Reflection:
Mary, Mother of Holy Hope
Emily Dickinson calls hope the thing with feathers. Like a singing bird it keeps spirits up in the chill, the dark or the storm. If I associate hope with a bird it would be because they flit around; they are here then they are there.
I received an email from a friend saying that her brother was on his way from Rome to Bologna to see a cancer specialist. The glioblastoma tumor was increasing and treatments ineffective. A second email two days later said that the doctor found no cancer, only a hole in the brain(!), but no cancer. She could not describe the joy of her brother and family on the train ride back to Rome. What a difference between two emails. The first asked for prayers that spoke of hope, but the ‘feathered thing’ looked a bit irrelevant, not at all up to a seemingly impossible task to me. In the second email ‘hope’ was not to be found, only celebration. Hope had been there and then flitted away.

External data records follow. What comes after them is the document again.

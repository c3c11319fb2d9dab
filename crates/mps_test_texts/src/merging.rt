//! mps_local: what a role does that takes no part in a choice, by plain and by full merging.
ghost use Rattle.std.specs.Prelude.{◌≡◌, ◌<◌, IfOk, length};
ghost use Rattle.mps_local.specs.Local.{plain};
ghost use Rattle.mps_local.specs.Shape.{AllPeers};

use crate::projections::is_written;
use mps_base::{Role, Roles};
use mps_global::{Protocol, check};
use mps_local::{Local, Merging, ProjectFault, project_all_by, project_by};
use mps_text::read_protocol;
use std::alloc::AllocGlobal;
use std::process::Abort;

// What `c`, the role at place 2, does in the protocol, or why it has no type.
fn part_of_c(
    rt: &(impl Abort + AllocGlobal),
    merging: Merging,
    protocol: &Protocol,
) -> Result<Local, ProjectFault>
    ensures { IfOk result
        (λ t. AllPeers (λ peer. peer < length protocol.now.roles.items) (plain t)) }
{
    assert!(rt;
        check(protocol).is_ok() && protocol.roles.len() > 2,
        "a protocol without faults of three roles"
    );
    project_by(rt.alloc(), merging, protocol, Role::new(2))
}

// Whether `c` has no type, since that choice can't be merged.
fn is_refused(
    rt: &(impl Abort + AllocGlobal),
    merging: Merging,
    text: &str,
    choice: usize,
) -> bool {
    let protocol = read_protocol(rt.alloc(), text.as_bytes()).expect(rt, "a protocol");
    let fault = ProjectFault::Unmergeable {
        role: Role::new(2),
        choice,
    };
    part_of_c(rt, merging, &protocol).err() == Some(fault)
}

// Whether the type of `c` is written so.
fn does(rt: &(impl Abort + AllocGlobal), merging: Merging, text: &str, wanted: &str) -> bool {
    let protocol = read_protocol(rt.alloc(), text.as_bytes()).expect(rt, "a protocol");
    let roles = Roles::of(rt.alloc(), &protocol.roles).expect(rt, "roles");
    match part_of_c(rt, merging, &protocol) {
        Ok(t) => is_written(rt, &roles, &t, wanted),
        Err(_) => false,
    }
}

// A protocol, and the type that `c` has by full merging alone.
struct Told(&'static str, &'static str);

const TOLD: &[Told] = &[
    Told(
        "roles a b c ; a -> b { l : a -> c { x : end } , r : a -> c { y : end } }",
        "pick a { x : end , y : end }",
    ),
    // a loop of three roles that ends
    Told(
        "roles a b c ; rec X . a -> b { more : a -> c { more : c -> a : int . X } , stop : a -> c { stop : end } }",
        "rec X . pick a { more : send a int . X , stop : end }",
    ),
    // the labels of the first branch in their order, then those that the second has besides
    Told(
        "roles a b c ; a -> b { l : a -> c { y : end , x : end } , r : a -> c { w : end , x : end , z : end } }",
        "pick a { y : end , x : end , w : end , z : end }",
    ),
    // what follows a label of both is merged
    Told(
        "roles a b c ; a -> b { l : a -> c { x : b -> c { p : end } } , r : a -> c { x : b -> c { q : end } } }",
        "pick a { x : pick b { p : end , q : end } }",
    ),
    // after the same acts, in a loop of its own
    Told(
        "roles a b c ; a -> b { l : a -> c : int . rec X . c -> a { go : a -> c { x : X } } , r : a -> c : int . rec X . c -> a { go : a -> c { y : end } } }",
        "recv a int . rec X . choose a { go : pick a { x : X , y : end } }",
    ),
    // three branches, merged from the first on
    Told(
        "roles a b c ; a -> b { l : a -> c { x : end } , m : a -> c { y : end } , r : a -> c { x : end , z : end } }",
        "pick a { x : end , y : end , z : end }",
    ),
    // 16 labels, as many as a choice may have
    Told(
        "roles a b c ; a -> b { l : a -> c { l0 : end , l1 : end , l2 : end , l3 : end , l4 : end , l5 : end , l6 : end , l7 : end } , \
        r : a -> c { l8 : end , l9 : end , l10 : end , l11 : end , l12 : end , l13 : end , l14 : end , l15 : end } }",
        "pick a { l0 : end , l1 : end , l2 : end , l3 : end , l4 : end , l5 : end , l6 : end , l7 : end , \
        l8 : end , l9 : end , l10 : end , l11 : end , l12 : end , l13 : end , l14 : end , l15 : end }",
    ),
];

// `mps_local::project_by` gives c, which takes no part in the choice, one pick for the labels that tell it of the
// branch, by full merging; by plain merging it has no type, and the first choice is named.
#[test]
fn a_role_may_be_told_by_labels_of_its_own(rt: HostRuntime) {
    for Told(text, wanted) in TOLD {
        assert!(rt;
            is_refused(&rt, Merging::Plain, text, 0),
            "plainly no type in {text}"
        );
        assert!(rt;
            does(&rt, Merging::Full, text, wanted),
            "by full merging in {text}"
        );
    }
}

// A protocol in which `c` has no type by either kind of merging, and the choice that is named.
struct Apart(&'static str, usize);

const APART: &[Apart] = &[
    // the end and an input: `c` would wait for ever
    Apart(
        "roles a b c ; a -> b { l : a -> c { x : end } , r : end }",
        0,
    ),
    Apart(
        "roles a b c ; a -> b { l : a -> c : int . end , r : end }",
        0,
    ),
    // what `c` does itself, where it can't know the branch
    Apart(
        "roles a b c ; a -> b { l : c -> a { x : end } , r : c -> a { y : end } }",
        0,
    ),
    Apart(
        "roles a b c ; a -> b { l : c -> a { x : end , y : end } , r : c -> a { y : end , x : end } }",
        0,
    ),
    Apart(
        "roles a b c ; a -> b { l : c -> a : int . end , r : c -> b : int . end }",
        0,
    ),
    Apart(
        "roles a b c ; a -> b { l : c -> a : int . end , r : c -> a : text . end }",
        0,
    ),
    // labels of two peers, a label and a value, values of two sorts
    Apart(
        "roles a b c ; a -> b { l : a -> c { x : end } , r : b -> c { y : end } }",
        0,
    ),
    Apart(
        "roles a b c ; a -> b { l : a -> c { x : end } , r : a -> c : int . end }",
        0,
    ),
    Apart(
        "roles a b c ; a -> b { l : a -> c : int . end , r : a -> c : bool . end }",
        0,
    ),
    // a loop and none, and loops of two names
    Apart(
        "roles a b c ; a -> b { l : rec X . a -> c { x : X } , r : a -> c { y : end } }",
        0,
    ),
    Apart(
        "roles a b c ; a -> b { l : rec X . a -> c { x : X } , r : rec Y . a -> c { x : Y } }",
        0,
    ),
    // below a label of both
    Apart(
        "roles a b c ; a -> b { l : a -> c { x : a -> c : int . end } , r : a -> c { x : end } }",
        0,
    ),
    // a choice in a branch comes before the one that holds it
    Apart(
        "roles a b c ; a -> b { l : a -> b { l : end , r : a -> c { x : end } } , r : end }",
        1,
    ),
    // 17 labels
    Apart(
        "roles a b c ; a -> b { l : a -> c { l0 : end , l1 : end , l2 : end , l3 : end , l4 : end , l5 : end , l6 : end , l7 : end } , \
        r : a -> c { l8 : end , l9 : end , l10 : end , l11 : end , l12 : end , l13 : end , l14 : end , l15 : end , l16 : end } }",
        0,
    ),
];

// `mps_local::project_by` names the choice where no type stands for its branches.
#[test]
fn what_differs_in_more_than_labels_is_not_merged(rt: HostRuntime) {
    for Apart(text, choice) in APART {
        assert!(rt;
            is_refused(&rt, Merging::Plain, text, *choice),
            "plainly no type in {text}"
        );
        assert!(rt;
            is_refused(&rt, Merging::Full, text, *choice),
            "fully no type in {text}"
        );
    }
}

// A protocol, and the type that `c` has by either kind of merging.
const SAME: &[Told] = &[
    Told(
        "roles a b c ; a -> b { l : b -> c { x : end } , r : b -> c { x : end } }",
        "pick b { x : end }",
    ),
    Told(
        "roles a b c ; rec X . a -> b { l : c -> a { x : X , y : end } , r : c -> a { x : X , y : end } }",
        "rec X . choose a { x : X , y : end }",
    ),
];

// `mps_local::project_by` gives by full merging what plain merging gives.
#[test]
fn full_merging_gives_what_plain_merging_does(rt: HostRuntime) {
    for Told(text, wanted) in SAME {
        assert!(rt;
            does(&rt, Merging::Plain, text, wanted),
            "plainly in {text}"
        );
        assert!(rt; does(&rt, Merging::Full, text, wanted), "fully in {text}");
    }
}

// What each role does in the protocol, or the fault of the first that has no type.
fn types_of(
    rt: &(impl Abort + AllocGlobal),
    merging: Merging,
    text: &str,
) -> Result<Vec<Local>, ProjectFault> {
    let protocol = read_protocol(rt.alloc(), text.as_bytes()).expect(rt, "a protocol");
    assert!(rt; check(&protocol).is_ok(), "a protocol without faults");
    project_all_by(rt.alloc(), merging, &protocol)
}

// Whether the role at that place is the first without a type, for choice 0.
fn first_without(rt: &(impl Abort + AllocGlobal), merging: Merging, text: &str, role: u8) -> bool {
    let fault = ProjectFault::Unmergeable {
        role: Role::new(role),
        choice: 0,
    };
    types_of(rt, merging, text).err() == Some(fault)
}

// c and d are told of a's choice by labels of their own.
const TWO_ARE_TOLD: &str =
    "roles a b c d ; a -> b { l : a -> c { x : a -> d { x : end } } , r : a -> c { y : a -> d { y : end } } }";

// c is, and d is not.
const ONE_IS_TOLD: &str =
    "roles a b c d ; a -> b { l : a -> c { x : d -> a : int . end } , r : a -> c { y : end } }";

// `mps_local::project_all_by` gives all roles their types by the merging that is asked for, or names the first that has
// none.
#[test]
fn all_roles_are_projected_by_one_kind(rt: HostRuntime) {
    let types = types_of(&rt, Merging::Full, TWO_ARE_TOLD).expect(&rt, "types");
    assert_eq!(rt; types.len(), 4, "fully all have one");
    assert!(rt;
        first_without(&rt, Merging::Plain, TWO_ARE_TOLD, 2),
        "plainly c has none"
    );
    assert!(rt;
        first_without(&rt, Merging::Full, ONE_IS_TOLD, 3),
        "fully d has none"
    );
}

Today the Word of God calls us to hope. The prophets offer hope despite some very hard word. Matthew overflows with hope- what you hear in darkness, speak in light; do not be afraid of anything; do not be intimidated but have hope.

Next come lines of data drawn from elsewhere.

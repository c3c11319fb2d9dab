//! mps_seal: a line is read exactly where it ends in its seal, which is over the seal before and the line.
use mps_seal::Seal;
use std::alloc::AllocGlobal;
use std::process::Abort;

// The protocol on which the first seal of a session depends.
const PROTOCOL: &[u8] = b"roles a b ; a -> b : int . end";

// Lines of its session 1, and the same with their seals, which were computed by Python's hashlib.
const SEALED: &[(&[u8], &[u8])] = &[
    (b"a send b 5", b"a send b 5 adbc17942d87ca56"),
    (b"b recv a x", b"b recv a x 7c3be2f5581bbda6"),
    (b"", b" 75f2b360da68c62d"),
];

// The seal before the first line of the session.
fn first(rt: &(impl Abort + AllocGlobal), session: u64) -> Seal {
    Seal::first(rt.alloc(), PROTOCOL, session).expect(rt, "memory")
}

// The seal after the line of that row, if it is sealed so, and nothing but that is read as the line.
fn written(
    rt: &(impl Abort + AllocGlobal),
    row: usize,
    seal: Seal,
    line: &[u8],
    sealed: &[u8],
) -> Seal {
    let mut text = Vec::from_slice(rt.alloc(), line).expect(rt, "memory");
    let next = seal.close(&mut text).expect(rt, "memory");
    assert_eq!(rt; text.as_slice(), sealed, "line {row} (from 0)");
    next
}

// Whether the sealed line is read as that line.
fn is_read(seal: Seal, sealed: &[u8], line: &[u8]) -> bool {
    match seal.read(sealed) {
        Some((body, _)) => body == line,
        None => false,
    }
}

// `mps_seal::Seal::close` appends to each line its seal, and gives that seal, over which the next one is.
#[test]
fn each_line_is_written_with_its_seal(rt: HostRuntime) {
    let mut seal = first(&rt, 1);
    for (row, (line, sealed)) in SEALED.iter().enumerate() {
        seal = written(&rt, row, seal, line, sealed);
    }
}

// `mps_seal::Seal::read`, by the seal before it, takes the seal off each line, and gives the line.
#[test]
fn a_sealed_line_is_read_without_its_seal(rt: HostRuntime) {
    let mut seal = first(&rt, 1);
    for (row, (line, sealed)) in SEALED.iter().enumerate() {
        assert!(rt; is_read(seal, sealed, line), "line {row} (from 0)");
        seal = seal.next(line);
    }
}

// Whether none of the lines that differ from this one in one bit of that byte is read.
fn sees_each_flip(rt: &(impl Abort + AllocGlobal), seal: Seal, sealed: &[u8], at: usize) -> bool {
    for bit in 0..8u32 {
        let mut bytes = Vec::from_slice(rt.alloc(), sealed).expect(rt, "memory");
        if let Some(byte) = bytes.get_mut(at) {
            *byte ^= 1 << bit;
        }
        if seal.read(bytes.as_slice()).is_some() {
            return false;
        }
    }
    true
}

// `mps_seal::Seal::read` reads no line that differs from a sealed one in one bit, of the line or of the seal.
#[test]
fn a_line_with_a_changed_bit_is_not_read(rt: HostRuntime) {
    let sealed = SEALED[0].1;
    for at in 0..sealed.len() {
        assert!(rt;
            sees_each_flip(&rt, first(&rt, 1), sealed, at),
            "a bit of byte {at}"
        );
    }
}

// `mps_seal::Seal::read` doesn't read a line elsewhere: a seal is over the protocol, the session and all lines before.
#[test]
fn a_line_in_another_place_is_not_read(rt: HostRuntime) {
    // the second line in place of the first, the first again, the first of another session
    assert!(rt;
        first(&rt, 1).read(SEALED[1].1).is_none(),
        "the second line in the first's place"
    );
    assert!(rt;
        first(&rt, 1).next(SEALED[0].0).read(SEALED[0].1).is_none(),
        "the first line again"
    );
    assert!(rt;
        first(&rt, 2).read(SEALED[0].1).is_none(),
        "the first line of another session"
    );
}

// `mps_seal::Seal::alone` reads the seal of a line without a byte, the third above, and no other line, nor that one
// elsewhere.
#[test]
fn a_seal_alone_is_read_in_its_place_only(rt: HostRuntime) {
    // the third line above has nothing but its seal
    let second = first(&rt, 1).next(SEALED[0].0).next(SEALED[1].0);
    assert!(rt;
        second.alone(SEALED[2].1).is_some(),
        "the third seal alone is read"
    );
    assert!(rt;
        second.alone(SEALED[1].1).is_none(),
        "no seal alone is read of a line"
    );
    assert!(rt;
        first(&rt, 1).alone(SEALED[2].1).is_none(),
        "elsewhere the third seal is not read"
    );
}

// `mps_seal::Seal::read` reads no line without a seal, and none whose seal is spelled in capitals.
#[test]
fn a_line_without_its_seal_is_not_read(rt: HostRuntime) {
    assert!(rt;
        first(&rt, 1).read(SEALED[0].0).is_none(),
        "a line without a seal"
    );
    assert!(rt;
        first(&rt, 1).read(b"a send b 5 ADBC17942D87CA56").is_none(),
        "a seal in capitals"
    );
}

The Passionist community today celebrates a feast observed from the time of its founding, ‘Mary, Mother of Hope’. Thomas Struzzeiri, CP, promoted this devotion. He carried a picture of Mary, Mother of Hope on his parish missions. Soon this picture was found in the rooms of the religious. The devotion invites all to ask Mary’s assistance in their spiritual need, and to see her as model and support of our hope.
Blessed Dominic Barberi, CP offers a reflection on Mary as a model of Hope: hope is an anchor that keeps the ship of our souls safe on the stormy sea of a troubled world. It enables us to confidently expect eternal life and the aids that lead to it. Since Mary possessed this virtue to an heroic degree she is appropriately called ‘Mother of Holy Hope’. Barberi gives a picture of hope from the Song of Songs: ‘who is this coming up from the desert, leaning upon her lover?’ Mary hoped on Calvary, when the disciples fled in fear, in the persecution of the infant Church. She remained firm in the midst of what seemed disaster and supported those who turned to her as to a mother. She encourages the weak, lifts those who fall and urges the strong to ever greater trust. Mary has not resigned from such maternal service in our day.

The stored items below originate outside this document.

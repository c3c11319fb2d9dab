//! Tests of mps_dev, mps_base, mps_command, mps_line, mps_lines, mps_seal, mps_global, mps_local and mps_text, over
//! what these make public.
#![tactic(auto)]

#[cfg(test)]
mod command_lines;
#[cfg(test)]
mod commands;
#[cfg(test)]
mod devices;
#[cfg(test)]
mod lines;
#[cfg(test)]
mod local_faults;
#[cfg(test)]
mod merging;
#[cfg(test)]
mod projections;
#[cfg(test)]
mod protocol_texts;
#[cfg(test)]
mod protocols;
#[cfg(test)]
mod read_replies;
#[cfg(test)]
mod seals;
#[cfg(test)]
mod values;
#[cfg(test)]
mod words;
#[cfg(test)]
mod written_replies;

Dominic Barberi was a theologian and teacher, who went to England with hopes of enabling dialogue and union between the English Church and Rome. He suffered much from cultural and religious differences, and did not see ‘his hope’ realized. But he had a unique gift, a surprise: welcoming John Henry Newman into the Roman Church.
On June 27 as my friend’s brother went to see the doctor in Bologna. In her second email he shared with me her prayer, ‘that my mother, who had recently died, would accompany Mary, Jesus mother, to plead before her son for the recovery of my terminally ill brother’. In my prayer I had forgotten that Mary is the Mother of Hope. My friend did not!
Fr. William Murphy, CP is the pastor of Immaculate Conception parish in Jamaica, New York.